Mundo das Palavras

A crucificação de Guevara por Kike Paya

O Guevara com olhar maroto e charuto enorme pregado na cruz é uma caricatura de Kikelin, pseudônimo de Kike Paya, artista gráfico espanhol que vive em Segorbe, uma localidade com menos de 10 mil habitantes. Não é nesta pequena população, no entanto, que está todo o público de Paya. Graças à Pinterest, rede social de compartilhamento de imagens, seus trabalhos chegam a muitos países.
 
O local de origem da inspiração de Paya pode ser facilmente localizado. Por meio do Google Maps, qualquer pessoa chega rapidamente a La Higuera, a região da Bolívia onde não só se admite a possibilidade de Guevara ter se tornado um santo. Como se acredita que, depois de morto, ele manteve suas habilidades de médico ampliadas. Sendo, assim, capaz operar milagres.
 
Guevara, como é sabido, foi executado pelo exército boliviano, em colaboração com a CIA, numa escola abandonada de La Higuera, em 1967. Seu corpo ficou exposto numa lavanderia onde só pode ser fotografado por Freddy Aborto. Ocorre que a imagem captada por Aborto logo circulou pelo mundo. Impressionando muitas pessoas pela evocação forte que trazia da figura de Cristo morto, preservada no imaginário cristão, por mais de 500 anos. Conforme mostra a escultura “Lamentações Sobre Cristo Morto” dos anos de 1.400, obra do renascentista André Mantegna. A ponto de levar o crítico de arte Vittorio Sgarbi a declarar: para ele uma exposição ideal teria apenas o Cristo morto de Mantegna, ao lado da foto de Aborta.
 
Na Bolívia, a fusão das duas figuras penetrou na cultura e nas artes.
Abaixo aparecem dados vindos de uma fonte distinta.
//! The top call: words, loading, what is printed of the script, writing.

ghost use Rattle.std.specs.Prelude.{◌≡◌, ◌≢◌, ◌⊎◌, ◌↔◌, ◌≤◌, ⊤, ℕ, List, None, Some, true, IfOk, IfErr, OnOk, IfSome, IsSome, IsSomeAnd, IsTrue, MatchOption, length, string_bytes};
ghost use Rattle.std.specs.Io.KnownBytes.{Appends, IsAtEnd};
ghost use Rattle.aql_io.specs.Bytes.{AppendsPrefix, HandsOut};
ghost use Rattle.aql_options.specs.Words.{Words};
ghost use Rattle.aql_options.specs.declared.settings.Settings.{Settings};
ghost use Rattle.aql_top.specs.Forms.{TakesWords, Gives, Explains, Generates, Accepts, script_bytes};
ghost use Rattle.aql_top.specs.Output.{Prints, AddsAtMostOne};
ghost use Rattle.aql_top.specs.Reasons.{fault_status, query_status, Deserves, IsTextOf, as_line, Tells, RoseWhere};
ghost use Rattle.aql_top.specs.Faults.{Leads, LeadsBy, status_of, line_of, IsMade};
ghost use Rattle.aql_top.specs.declared.faults.RunFault.TheVariants.{Memory};

use crate::faults::RunFault;
use crate::output::output;
use crate::scripts::load_script;
use crate::{QueryFault, query_fault_text};
use aql_engine::Engine;
use aql_io::{Sink, Source, write_all};
use aql_net::Schedule;
use aql_options::{Settings, WordsFault, parse_words};
use aql_script::{LoadFault, fault_text};
use aql_value::{Names, OutOfMemory, Text};
use std::alloc::Global;

/// All that the program does: it reads the settings off the words, loads the script from the
/// source, reads the script's query, has the engine run the plan that the optimiser chooses, writes
/// the lines of the values that came of it to `out`, which are one answer of the query, and answers
/// the exit status. The documents are on as many servers as the settings say, and the messages
/// between these are delivered by the schedule of the settings. By the settings it prints the log of
/// the run and its counts after the answer's lines, or the plan alone and runs nothing, or makes the
/// script and prints how many rows and bytes the answer's lines are. With status 0 nothing is written
/// to `err`; with any other status one line is.
///
/// | Status | It comes |
/// |---|---|
/// | 0 | where the whole text was written |
/// | 2 | exactly where no settings go with the words, unless memory runs out |
/// | 3 | exactly where the first fault is in a line of the script (*) |
/// | 4 | exactly where it is in the query: in its tokens, grammar, names or settings (*) |
/// | 5 | exactly where it is a limit that the script or the query exceeds (*) |
/// | 6 | only where a read failed, before more than a script's bytes were handed out |
/// | 7 | only where a write to `out` failed; the front of the text was written |
/// | 8 | where memory ran out, and nothing was written to `out` |
///
/// (*) unless a read fails or memory runs out. The faults of the script come before those of its
/// query. Where the script is made, only 0, 7 and 8 come. With any status but 0 and 7 nothing is
/// written to `out`. A failed write to `err` changes nothing.
pub fn run_shell<S: Source, K: Sink, E: Sink, G: Engine<Schedule>>(
    alloc: Global,
    words: &Names,
    source: &mut S,
    out: &mut K,
    err: &mut E,
    engine: &mut G,
) -> u8
    // 0: exactly the text was written that goes with the settings of the words, and the source was
    // read to its end, unless the script was made.
    ensures printed { (result ≡ 0) → Gives words.now (λ settings. Prints settings
        (S.left source.old) (G.entries engine.old) (G.entries engine.new)
        (Appends (K.written out.old) (K.written out.new))
        × (settings.generate ≡ None → IsAtEnd (S.left source.new))) }
    ensures quiet { (result ≡ 0) → err.new ≡ err.old }

    // 7: a write to the output failed, and the front of such a text was written.
    ensures front { (result ≡ 7) → Gives words.now (λ settings. Prints settings
        (S.left source.old) (G.entries engine.old) (G.entries engine.new)
        (AppendsPrefix (K.written out.old) (K.written out.new))) }
    ensures untouched { (result ≢ 0) → (result ≢ 7) → out.new ≡ out.old }

    // 2: the words are refused, before anything is read. A script that is made is not read.
    ensures bad_words { (result ≡ 8) ⊎ ((result ≡ 2) ↔ (TakesWords words.now → ⊥)) }
    ensures unread { (result ≡ 2) ⊎ Generates words.now → source.new ≡ source.old }

    // Each status but 0 has its text: 3, 4 and 5 the one that the bytes of the script deserve.
    ensures line { (result ≢ 0) → (text : List ℕ)
        × (Gives words.now (λ settings.
        Deserves (script_bytes settings (S.left source.old)) result text)
        ⊎ IsTextOf result text)
        × Tells (as_line text) (E.written err.old) (E.written err.new)
        (E.faults err.old) (E.faults err.new) }

    // What the bytes deserve comes, unless a read fails or memory runs out; where nothing stands
    // against them, the text comes, unless a write fails too.
    ensures refused { (settings : Settings) (status : ℕ) (text : List ℕ) → Words words.now settings
        → IsSome (script_bytes settings (S.left source.old))
        → Deserves (script_bytes settings (S.left source.old)) status text
        → (result ≡ status) ⊎ ((result ≡ 6) ⊎ (result ≡ 8)) }
    ensures complete { (settings : Settings) → Words words.now settings
        → IsSomeAnd (script_bytes settings (S.left source.old)) Accepts
        → (result ≡ 0) ⊎ ((result ≡ 6) ⊎ ((result ≡ 7) ⊎ (result ≡ 8))) }
    // Of a script that is made the text comes, unless a write fails or memory runs out.
    ensures made { Generates words.now → (result ≡ 0) ⊎ ((result ≡ 7) ⊎ (result ≡ 8)) }

    // With 8 the engine's list has at most the one entry of a run; with 0 and 7 what stands there
    // says it, and else the engine was not called. A plan that is explained is not run.
    ensures at_most { (result ≡ 8) → (G.entries engine.new ≡ G.entries engine.old)
        ⊎ Gives words.now (λ settings. AddsAtMostOne settings
        (S.left source.old) (G.entries engine.old) (G.entries engine.new)) }
    ensures idle { (result ≢ 0) → (result ≢ 7) → (result ≢ 8) → engine.new ≡ engine.old }
    ensures not_run { Explains words.now → engine.new ≡ engine.old }

    // A read fails with 6 alone, and a write to the output with 7 alone.
    ensures read_fault { RoseWhere (result ≡ 6) (S.faults source.old) (S.faults source.new) }
    ensures write_fault { RoseWhere (result ≡ 7) (K.faults out.old) (K.faults out.new) }
    ensures within { (result ≡ 6) → HandsOut (S.left source.old) (S.left source.new)
        (λ taken. length taken ≤ 67108864) }
{
    match run(alloc, words, source, out, engine) {
        Ok(()) => 0,
        Err(fault) => {
            let fault = tell(alloc, fault, err);
            status(&fault)
        }
    }
}

// All but the line on the error output.
#[tactic(auto, using(crate::proofs::Settings::refused_lead, crate::proofs::Settings::all_lead))]
fn run<S: Source, K: Sink, G: Engine<Schedule>>(
    alloc: Global,
    words: &Names,
    source: &mut S,
    out: &mut K,
    engine: &mut G,
) -> Result<(), RunFault>
    ensures accepts { OnOk result (Gives words.now (λ settings.
        IfSome (script_bytes settings (S.left source.old)) Accepts)) }
    ensures prints { OnOk result (Gives words.now (λ settings. Prints settings
        (S.left source.old) (G.entries engine.old) (G.entries engine.new)
        (Appends (K.written out.old) (K.written out.new))
        × (settings.generate ≡ None → IsAtEnd (S.left source.new)))) }
    ensures quiet { OnOk result ((S.faults source.new ≡ S.faults source.old)
        × (K.faults out.new ≡ K.faults out.old)) }
    ensures leads { IfErr result (λ fault. Leads fault words.now (S.left source.old)) }
    ensures reads { IfErr result (λ fault.
        RoseWhere (status_of fault ≡ 6) (S.faults source.old) (S.faults source.new)) }
    ensures within { IfErr result (λ fault. status_of fault ≡ 6
        → HandsOut (S.left source.old) (S.left source.new) (λ taken. length taken ≤ 67108864)) }
    ensures writes { IfErr result (λ fault.
        RoseWhere (status_of fault ≡ 7) (K.faults out.old) (K.faults out.new)) }
    ensures front { IfErr result (λ fault. status_of fault ≡ 7
        → Gives words.now (λ settings. Prints settings (S.left source.old)
        (G.entries engine.old) (G.entries engine.new)
        (AppendsPrefix (K.written out.old) (K.written out.new)))) }
    ensures untouched { IfErr result (λ fault. status_of fault ≢ 7 → out.new ≡ out.old) }
    ensures unread { IfErr result (λ fault. status_of fault ≡ 2 → source.new ≡ source.old) }
    ensures made { Generates words.now → source.new ≡ source.old }
    ensures no_read { IfErr result (λ fault. status_of fault ≡ 6 → Generates words.now → ⊥) }
    ensures at_most { (G.entries engine.new ≡ G.entries engine.old)
        ⊎ Gives words.now (λ settings. AddsAtMostOne settings
        (S.left source.old) (G.entries engine.old) (G.entries engine.new)) }
    ensures idle { IfErr result (λ fault. status_of fault ≢ 7 → status_of fault ≢ 8
        → engine.new ≡ engine.old) }
    ensures not_run { Explains words.now → engine.new ≡ engine.old }
{
    match parse_words(alloc, words) {
        Ok(settings) => run_with(alloc, &settings, source, out, engine),
        Err(WordsFault::Refused) => Err(RunFault::Words),
        Err(WordsFault::Memory) => Err(RunFault::Memory),
    }
}

// The same by the settings of the words.
#[tactic(auto, using(crate::proofs::Loading::accepted, crate::proofs::Loading::printed, crate::proofs::Loading::at_most_one, crate::proofs::Loading::not_called, crate::proofs::Loading::no_lines_lead, crate::proofs::Loading::no_lines_status))]
fn run_with<S: Source, K: Sink, G: Engine<Schedule>>(
    alloc: Global,
    settings: &Settings,
    source: &mut S,
    out: &mut K,
    engine: &mut G,
) -> Result<(), RunFault>
    requires batch { (1 ≤ settings.now.batch) × (settings.now.batch ≤ 10000) }
    requires servers { settings.now.servers ≤ 16 }
    requires made { MatchOption settings.now.generate ⊤ (λ n. (1 ≤ n) × (n ≤ 100000)) }
    ensures accepts { OnOk result
        (IfSome (script_bytes settings.now (S.left source.old)) Accepts) }
    ensures prints { OnOk result (Prints settings.now
        (S.left source.old) (G.entries engine.old) (G.entries engine.new)
        (Appends (K.written out.old) (K.written out.new))) }
    ensures end { OnOk result (settings.now.generate ≡ None → IsAtEnd (S.left source.new)) }
    ensures quiet { OnOk result ((S.faults source.new ≡ S.faults source.old)
        × (K.faults out.new ≡ K.faults out.old)) }
    ensures leads { IfErr result
        (λ fault. LeadsBy fault (script_bytes settings.now (S.left source.old))) }
    ensures reads { IfErr result (λ fault.
        RoseWhere (status_of fault ≡ 6) (S.faults source.old) (S.faults source.new)) }
    ensures within { IfErr result (λ fault. status_of fault ≡ 6
        → HandsOut (S.left source.old) (S.left source.new) (λ taken. length taken ≤ 67108864)) }
    ensures writes { IfErr result (λ fault.
        RoseWhere (status_of fault ≡ 7) (K.faults out.old) (K.faults out.new)) }
    ensures front { IfErr result (λ fault. status_of fault ≡ 7
        → Prints settings.now (S.left source.old) (G.entries engine.old) (G.entries engine.new)
        (AppendsPrefix (K.written out.old) (K.written out.new))) }
    ensures untouched { IfErr result (λ fault. status_of fault ≢ 7 → out.new ≡ out.old) }
    ensures unread { (n : ℕ) → settings.now.generate ≡ Some n → source.new ≡ source.old }
    ensures no_read { IfErr result
        (λ fault. status_of fault ≡ 6 → settings.now.generate ≡ None) }
    ensures at_most { AddsAtMostOne settings.now (S.left source.old)
        (G.entries engine.old) (G.entries engine.new) }
    ensures idle { IfErr result (λ fault. status_of fault ≢ 7 → status_of fault ≢ 8
        → engine.new ≡ engine.old) }
    ensures not_run { settings.now.explain ≡ true → engine.new ≡ engine.old }
{
    let script = load_script(alloc, settings.generate, source)?;
    let text = output(alloc, script, settings, engine)?;
    write_all(out, &text)?;
    Ok(())
}

fn status(fault: &RunFault) -> u8
    ensures { result ≡ status_of fault.now }
{
    match fault {
        RunFault::Words => 2,
        RunFault::Read => 6,
        RunFault::Script(fault) => load_status(*fault),
        RunFault::Query(fault) => query_status(fault),
        RunFault::Write => 7,
        RunFault::Memory => 8,
    }
}

fn load_status(fault: LoadFault) -> u8
    ensures { result ≡ fault_status fault }
{
    match fault {
        LoadFault::Line { .. } => 3,
        LoadFault::Limit(_) => 5,
        LoadFault::Read => 6,
        LoadFault::Memory => 8,
    }
}

fn query_status(fault: &QueryFault) -> u8
    ensures { result ≡ query_status fault.now }
{
    match fault {
        QueryFault::Lexical { .. } | QueryFault::NotInGrammar | QueryFault::Scope(_) => 4,
        QueryFault::TooLong
        | QueryFault::TooDeep
        | QueryFault::TooManyClauses
        | QueryFault::TraversalTooDeep => 5,
        QueryFault::Memory => 8,
    }
}

// The line of a fault, where it needs no memory for it.
fn fixed_line(fault: &RunFault) -> Option<&'static [u8]>
    ensures { MatchOption result (IsMade fault.now) (λ line. line.now ≡ line_of fault.now) }
{
    match fault {
        RunFault::Script(_) | RunFault::Query(_) => None,
        RunFault::Words => Some(b"aql: words\n"),
        RunFault::Read => Some(b"aql: read fault\n"),
        RunFault::Write => Some(b"aql: write fault\n"),
        RunFault::Memory => Some(b"aql: out of memory\n"),
    }
}

// Writes the line of a fault, and gives the fault, or want of memory where the line found none.
fn tell<E: Sink>(alloc: Global, fault: RunFault, err: &mut E) -> RunFault
    ensures line { Tells (line_of result) (E.written err.old) (E.written err.new)
        (E.faults err.old) (E.faults err.new) }
    ensures same { (result ≡ fault) ⊎ ((result ≡ Memory) × IsMade fault) }
{
    match fixed_line(&fault) {
        Some(line) => {
            let _ = write_all(err, line);
            fault
        }
        None => tell_made(alloc, fault, err),
    }
}

// The same where the line is made.
fn tell_made<E: Sink>(alloc: Global, fault: RunFault, err: &mut E) -> RunFault
    requires { IsMade fault }
    ensures line { Tells (line_of result) (E.written err.old) (E.written err.new)
        (E.faults err.old) (E.faults err.new) }
    ensures same { (result ≡ fault) ⊎ ((result ≡ Memory) × IsMade fault) }
{
    match made_line(alloc, &fault) {
        Ok(line) => {
            let _ = write_all(err, line.as_bytes());
            fault
        }
        Err(_) => {
            let _ = write_all(err, b"aql: out of memory\n");
            RunFault::Memory
        }
    }
}

fn made_line(alloc: Global, fault: &RunFault) -> Result<String, OutOfMemory>
    requires { IsMade fault.now }
    ensures { IfOk result (λ line. string_bytes line ≡ line_of fault.now) }
{
    let text = made_text(alloc, fault)?;
    Ok(format!(in alloc; "aql: {}\n", text.as_str())?)
}

fn made_text(alloc: Global, fault: &RunFault) -> Result<Text, OutOfMemory>
    requires { IsMade fault.now }
    ensures { IfOk result (λ text. as_line text ≡ line_of fault.now) }
{
    match fault {
        RunFault::Script(fault) => fault_text(alloc, *fault),
        RunFault::Query(fault) => query_fault_text(alloc, fault),
        _ => unreachable!(),
    }
}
Como mostra, por exemplo, um dos poemas da obra “El Che Em La Poesia Boliviana”, no seu título: “Reza a San Ernesto”.
 
Entre católicos conservadores, a santificação do guerrilheiro comunista provoca irritação. Mas, tal sentimento não é compartilhado oficialmente pela hierarquia da Igreja Católica.  Em vez disto, há alguns meses, o papa Francisco manifestou boa vontade em relação aos comunistas. Ao jornal italiano La Reppublica, declarou: “São os comunistas os que pensam como os cristãos”. Referia-se ao sonho idealista de “uma sociedade onde os pobres, os frágeis e os excluídos sejam os que decidam”. Sua Santidade possivelmente se reportava ao início do movimento comunista, quando Karl Marx trancou-se nas bibliotecas de Londres, em busca de uma base científica para a realização daquele sonho de igualdade, de óbvias raízes judaico-cristãs. Obtendo com seu esforço a elaboração de “O Capital”.
 
Portanto, embora Paya tenha o direito de criticar a crença dos bolivianos de La Higuera, com sua caricatura. Ele não está livre de reprovação por parte de quem o considere incapaz de compreender um fenômeno sociocultural-histórico complexo, como o desenvolvimento, nos seres humanos, do sentimento de respeito àquilo que consideram sagrado.